Clean up readme and arguments of chunked prefill (#1022)

2024-08-11 01:18:52 -07:00
parent 33d61356b8
commit a97df79124
3 changed files with 30 additions and 34 deletions
--- a/python/sglang/srt/managers/tp_worker.py
+++ b/python/sglang/srt/managers/tp_worker.py
@@ -118,11 +118,7 @@ class ModelTpServer:
                    trust_remote_code=server_args.trust_remote_code,
                )
        self.max_total_num_tokens = self.model_runner.max_total_num_tokens
-        self.max_prefill_tokens = (
-            16384
-            if server_args.max_prefill_tokens is None
-            else server_args.max_prefill_tokens
-        )
+        self.max_prefill_tokens = server_args.max_prefill_tokens
        self.max_running_requests = min(
            (
                self.max_total_num_tokens // 2
--- a/python/sglang/srt/server_args.py
+++ b/python/sglang/srt/server_args.py
@@ -43,10 +43,11 @@ class ServerArgs:

    # Memory and scheduling
    mem_fraction_static: Optional[float] = None
-    max_prefill_tokens: Optional[int] = None
    max_running_requests: Optional[int] = None
    max_num_reqs: Optional[int] = None
    max_total_tokens: Optional[int] = None
+    chunked_prefill_size: int = -1
+    max_prefill_tokens: int = 16384
    schedule_policy: str = "lpm"
    schedule_conservativeness: float = 1.0

@@ -69,9 +70,6 @@ class ServerArgs:
    dp_size: int = 1
    load_balance_method: str = "round_robin"

-    # Chunked Prefill
-    chunked_prefill_size: Optional[int] = None
-
    # Optimization/debug options
    disable_flashinfer: bool = False
    disable_flashinfer_sampling: bool = False
@@ -97,6 +95,10 @@ class ServerArgs:
        if self.served_model_name is None:
            self.served_model_name = self.model_path

+        if self.chunked_prefill_size <= 0:
+            # Disable chunked prefill
+            self.chunked_prefill_size = None
+
        if self.mem_fraction_static is None:
            if self.tp_size >= 16:
                self.mem_fraction_static = 0.79
@@ -108,6 +110,7 @@ class ServerArgs:
                self.mem_fraction_static = 0.87
            else:
                self.mem_fraction_static = 0.88
+
        if isinstance(self.additional_ports, int):
            self.additional_ports = [self.additional_ports]
        elif self.additional_ports is None:
@@ -232,12 +235,6 @@ class ServerArgs:
            default=ServerArgs.mem_fraction_static,
            help="The fraction of the memory used for static allocation (model weights and KV cache memory pool).

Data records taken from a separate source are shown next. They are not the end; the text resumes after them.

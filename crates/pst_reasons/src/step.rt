// What moved the bounds along a trail.
use pst_expr::Span;

/// By what a run of changes of a trail was made.
#[derive(Clone, Copy, Debug, PartialEq, Eq)]
pub enum Cause {
    /// By a constraint, by its number.
    Constraint(u32),
    /// By the span that was given to a variable, by its place among all that were given.
    Given(u32),
}

/// The changes of a trail from a mark on, up to the mark of the next step.
#[derive(Clone, Copy, Debug, PartialEq, Eq)]
pub struct Step {
    /// By what they were made.
    pub cause: Cause,
    /// How long the trail was before.
    pub mark: usize,
}

/// A variable and the span that it was given.
#[derive(Clone, Copy, Debug, PartialEq, Eq)]
pub struct Given {
    /// The variable's number.
    pub variable: u32,
    /// Its span: a single number where the variable was given a value.
    pub span: Span,
}

/// How much there was before a variable was given a span.
#[derive(Clone, Copy, Debug, PartialEq, Eq)]
pub struct Mark {
    /// How long the trail was.
    pub trail: usize,
    /// How many steps there were.
    pub steps: usize,
}
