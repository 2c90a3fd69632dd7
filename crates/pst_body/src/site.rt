//! What stays as it is while a body runs.
use pst_expr::Span;
use pst_model::Model;
use pst_scen::{Act, Scenario};

/// An action whose body runs, and the ranges of the body's locals.
#[derive(Clone, Copy)]
pub(crate) struct Site<'a> {
    /// The model.
    pub(crate) model: &'a Model,
    /// The scenario.
    pub(crate) scenario: &'a Scenario,
    /// The number of the action.
    pub(crate) number: u32,
    /// The action.
    pub(crate) act: &'a Act,
    /// The ranges of the body's locals, in the order of the text.
    pub(crate) ranges: &'a [Span],
}
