// Eight pages inside a file are taken without a read, and are pages of zeros.
fn are_taken_without_a_read(
    rt: &impl Abort,
    alloc: Global,
    shelf: &mut FuseShelf<MemShelf>,
    held: usize,
)
    requires unit { HasUnit (⟦<FuseShelf<MemShelf> as Shelf>⟧.state shelf.old) 0 }
{
    let mut file = begun(rt, alloc, shelf, held);
    let reads = shelf.calls(Kind::Reads);
    let taken = take_pages(
        &mut FilePages {
            file: &mut file,
            shelf: &mut *shelf,
        },
        8,
    );
    assert_equal(rt, taken, (8, 8, None));
    assert_equal(rt, shelf.calls(Kind::Reads), reads);
    assert_equal(rt, file.cache().asked(), 8);
    are_zeros(rt, &mut file, shelf, held);
}

#[test]
fn a_page_inside_the_file_is_taken_without_a_read(rt: HostRuntime) {
    for &held in &[1, 3, 8] {
        let inner = new_shelf(&rt, rt.alloc());
        let mut shelf = FuseShelf::new(inner, Kind::Reads, 0, false, false);
        make_uncounted(&rt, rt.alloc(), &mut shelf);
        are_taken_without_a_read(&rt, rt.alloc(), &mut shelf, held);
    }
}

#[test]
fn the_gate_is_opened_through_the_pages(rt: HostRuntime) {
    let mut shelf = new_shelf(&rt, rt.alloc());
    let mut file = created(&rt, rt.alloc(), &mut shelf, 2, 16, 9);
    let mut pages = FilePages {
        file: &mut file,
        shelf: &mut shelf,
    };
    assert_equal(&rt, pages.begin(), Ok(()));
    assert_equal(&rt, pages.pages_left(), 15);
}
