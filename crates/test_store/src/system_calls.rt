//! Calls of the system that are interrupted, that move a part of the bytes, or that fail.

use crate::checks::{assert_equal, assert_equal_for, assert_that};
use std::alloc::Global;
use std::cell::Cell;
use std::fs::{File, Metadata, OpenFile, TryLockError};
use std::io;
use std::os::unix::fs::FileExt;
use std::process::Abort;
use std::rt::Files;
use system_files::{Cause, KeptFile, KeptFolder, LockFile, LockWait};

/// A file of which each call is interrupted so many times, and then moves at most three bytes.
#[derive(Drop)]
struct Interrupted {
    times: u64,
    left: Cell<u64>,
    fails: Cell<bool>,
}

impl Interrupted {
    fn new(times: u64, fails: bool) -> Interrupted {
        Interrupted {
            times,
            left: Cell::new(times),
            fails: Cell::new(fails),
        }
    }

    fn pass(&self) -> io::Result<()> {
        match self.left.get().checked_sub(1) {
            Some(left) => {
                self.left.set(left);
                Err(io::ErrorKind::Interrupted.into())
            }
            None => {
                self.left.set(self.times);
                Ok(())
            }
        }
    }
}

impl LockFile for Interrupted {
    fn try_lock_shared(&self) -> Result<(), TryLockError> {
        self.pass().map_err(TryLockError::Error)
    }

    fn try_lock(&self) -> Result<(), TryLockError> {
        self.pass().map_err(TryLockError::Error)
    }

    fn unlock(&self) -> io::Result<()> {
        self.pass()
    }

    fn is_named<R: Files>(&self, _rt: &R, _path: &str) -> io::Result<bool> {
        self.pass()?;
        Ok(true)
    }
}

impl FileExt for Interrupted {
    fn read_at(&self, bytes: &mut [u8], _at: u64) -> io::Result<usize> {
        self.pass()?;
        Ok(bytes.len().min(3))
    }

    fn write_at(&self, bytes: &[u8], _at: u64) -> io::Result<usize> {
        self.pass()?;
        Ok(bytes.len().min(3))
    }
}

impl OpenFile for Interrupted {
    fn metadata(&self) -> io::Result<Metadata> {
        self.pass()?;
        Ok(Metadata::of_file(7))
    }

    fn set_len(&self, _size: u64) -> io::Result<()> {
        self.pass()
    }

    fn sync_all(&self) -> io::Result<()> {
        self.pass()?;
        if self.fails.replace(false) {
            return Err(io::ErrorKind::Other.into());
        }
        Ok(())
    }

    fn sync_data(&self) -> io::Result<()> {
        self.pass()
    }
}

/// A file all bytes of which are one byte, and of which no times are known. Who asks for the exclusive
/// lock finds it with another length or byte.
#[derive(Drop)]
struct Changing {
    length: Cell<u64>,
    byte: Cell<u8>,
    then: (u64, u8),
}

impl LockFile for Changing {
    fn try_lock_shared(&self) -> Result<(), TryLockError> {
        Ok(())
    }

    fn try_lock(&self) -> Result<(), TryLockError> {
        self.length.set(self.then.0);
        self.byte.set(self.then.1);
        Ok(())
    }

    fn unlock(&self) -> io::Result<()> {
        Ok(())
    }

    fn is_named<R: Files>(&self, _rt: &R, _path: &str) -> io::Result<bool> {
        Ok(true)
    }
}

impl FileExt for Changing {
    fn read_at(&self, bytes: &mut [u8], _at: u64) -> io::Result<usize> {
        bytes.fill(self.byte.get());
        Ok(bytes.len())
    }

    fn write_at(&self, bytes: &[u8], _at: u64) -> io::Result<usize> {
        Ok(bytes.len())
    }
}

impl OpenFile for Changing {
    fn metadata(&self) -> io::Result<Metadata> {
        Ok(Metadata::of_file(self.length.get()))
    }

    fn set_len(&self, size: u64) -> io::Result<()> {
        self.length.set(size);
        Ok(())
    }

    fn sync_all(&self) -> io::Result<()> {
        Ok(())
    }

    fn sync_data(&self) -> io::Result<()> {
        Ok(())
    }
}

// Each alone is seen: past the first page a length, and inside it a byte.
fn is_held_as(test: &impl Abort, rt: HostRuntime, then: (u64, u8), is_held: bool, written: usize) {
    let file = Changing {
        length: Cell::new(9000),
        byte: Cell::new(7),
        then,
    };
    let mut file = kept(test, file);
    let mut folder = folder_of(test, rt.alloc(), ".");
    assert_equal_for(
        test,
        then,
        file.hold(&rt, no_wait(), "", &mut folder).is_ok(),
        is_held,
    );
    assert_equal_for(test, then, file.write(0, &[0; 10]).taken, written);
    // Read anew, it is the file that it was found to be.
    assert_equal(test, file.measure(&rt, no_wait()), Ok(then.0));
    assert_that(test, file.hold(&rt, no_wait(), "", &mut folder).is_ok());
}

#[test]
fn a_file_with_another_length_or_first_page_is_not_held(rt: HostRuntime) {
    is_held_as(&rt, rt, (9000, 7), true, 10);
    is_held_as(&rt, rt, (9001, 7), false, 0);
    is_held_as(&rt, rt, (9000, 8), false, 0);
}

// What is answered where ten bytes are read and written, and a file is synced, measured and shared.
fn answers_of(file: &Interrupted) -> (bool, usize, bool, Option<u64>, bool) {
    let mut bytes = [0; 10];
    let read = system_files::read(file, 0, &mut bytes).is_ok();
    file.left.set(file.times);
    let written = system_files::write(file, 0, &bytes).taken;
    file.left.set(file.times);
    let synced = system_files::sync(file).is_ok();
    file.left.set(file.times);
    let length = system_files::measure(file).ok();
    file.left.set(file.times);
    (read, written, synced, length, system_files::share(file))
}

#[test]
fn a_thousand_interrupted_calls_in_a_row_are_a_fault(rt: HostRuntime) {
    let few = answers_of(&Interrupted::new(999, false));
    assert_equal(&rt, few, (true, 10, true, Some(7), true));
    let many = answers_of(&Interrupted::new(1000, false));
    assert_equal(&rt, many, (false, 0, false, None, false));
    assert_that(
        &rt,
        KeptFile::made(&rt, no_wait(), Interrupted::new(1000, false)).is_err(),
    );
}

fn kept<F: OpenFile + FileExt + LockFile + Drop>(test: &impl Abort, file: F) -> KeptFile<F> {
    match KeptFile::opened(file, None) {
        Ok(file) => file,
        Err(_) => panic!(test; "a file that is kept"),
    }
}

// A file of which each call is interrupted so many times, and whether its first sync fails.
fn opened(test: &impl Abort, times: u64, fails: bool) -> KeptFile<Interrupted> {
    kept(test, Interrupted::new(times, fails))
}

fn folder_of(test: &impl Abort, alloc: Global, path: &str) -> KeptFolder<File> {
    KeptFolder::new(path.to_string(alloc).expect(test, "memory"))
}

fn no_wait() -> LockWait {
    LockWait::of_seconds(0)
}

#[test]
fn a_file_is_written_only_while_it_is_held(rt: HostRuntime) {
    let mut file = opened(&rt, 999, false);
    let mut folder = folder_of(&rt, rt.alloc(), ".");
    assert_equal(&rt, file.measure(&rt, no_wait()), Ok(7));
    assert_equal(&rt, file.write(0, &[0; 10]).taken, 0);
    assert_equal(&rt, file.hold(&rt, no_wait(), "", &mut folder), Ok(()));
    assert_equal(&rt, file.write(0, &[0; 10]).taken, 10);
}

#[test]
fn a_file_that_may_only_be_read_is_never_held(rt: HostRuntime) {
    let file = Interrupted::new(0, false);
    let mut file = match KeptFile::opened(file, Some(Cause::Permission)) {
        Ok(file) => file,
        Err(_) => panic!(rt; "a file that is kept"),
    };
    let mut folder = folder_of(&rt, rt.alloc(), ".");
    assert_equal(
        &rt,
        file.hold(&rt, no_wait(), "", &mut folder),
        Err(Cause::Permission),
    );
    assert_equal(&rt, file.write(0, &[0; 10]).taken, 0);
    assert_equal(&rt, file.measure(&rt, no_wait()), Ok(7));
}

#[test]
fn a_file_is_not_held_without_its_folder(rt: HostRuntime) {
    let mut file = opened(&rt, 0, false);
    let mut folder = folder_of(&rt, rt.alloc(), "no_such_folder");
    assert_that(&rt, file.hold(&rt, no_wait(), "", &mut folder).is_err());
    assert_equal(&rt, file.write(0, &[0; 10]).taken, 0);
    assert_equal(&rt, file.measure(&rt, no_wait()), Ok(7));
}

#[test]
fn a_file_whose_sync_failed_is_not_synced_again(rt: HostRuntime) {
    let mut folder = folder_of(&rt, rt.alloc(), ".");
    let mut file = opened(&rt, 0, true);
    assert_that(&rt, file.sync(&rt, no_wait(), "", &mut folder).is_err());
    assert_that(&rt, file.sync(&rt, no_wait(), "", &mut folder).is_err());
    let mut file = opened(&rt, 0, false);
    assert_equal(&rt, file.sync(&rt, no_wait(), "", &mut folder), Ok(()));
}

Use a smaller value if you see out-of-memory errors.",
        )
-        parser.add_argument(
-            "--max-prefill-tokens",
-            type=int,
-            default=ServerArgs.max_prefill_tokens,
-            help="The maximum number of tokens in a prefill batch. The real bound will be the maximum of this value and the model's maximum context length.",
-        )
        parser.add_argument(
            "--max-running-requests",
            type=int,
@@ -256,6 +253,18 @@ class ServerArgs:
            default=ServerArgs.max_total_tokens,
            help="The maximum number of tokens in the memory pool. If not specified, it will be automatically calculated based on the memory usage fraction. This option is typically used for development and debugging purposes.",
        )
+        parser.add_argument(
+            "--chunked-prefill-size",
+            type=int,
+            default=ServerArgs.chunked_prefill_size,
+            help="The maximum number of tokens in a chunk for the chunked prefill. Setting this to -1 means disabling chunked prefill",
+        )
+        parser.add_argument(
+            "--max-prefill-tokens",
+            type=int,
+            default=ServerArgs.max_prefill_tokens,
+            help="The maximum number of tokens in a prefill batch. The real bound will be the maximum of this value and the model's maximum context length.",
+        )
        parser.add_argument(
            "--schedule-policy",
            type=str,
@@ -353,14 +362,6 @@ class ServerArgs:
        )
        parser.add_argument("--node-rank", type=int, help="The node rank.")

-        # Chunked prefill
-        parser.add_argument(
-            "--chunked-prefill-size",
-            type=int,
-            default=ServerArgs.chunked_prefill_size,
-            help="The size of the chunked prefill.",
-        )
-
        # Optimization/debug options
        parser.add_argument(
            "--disable-flashinfer",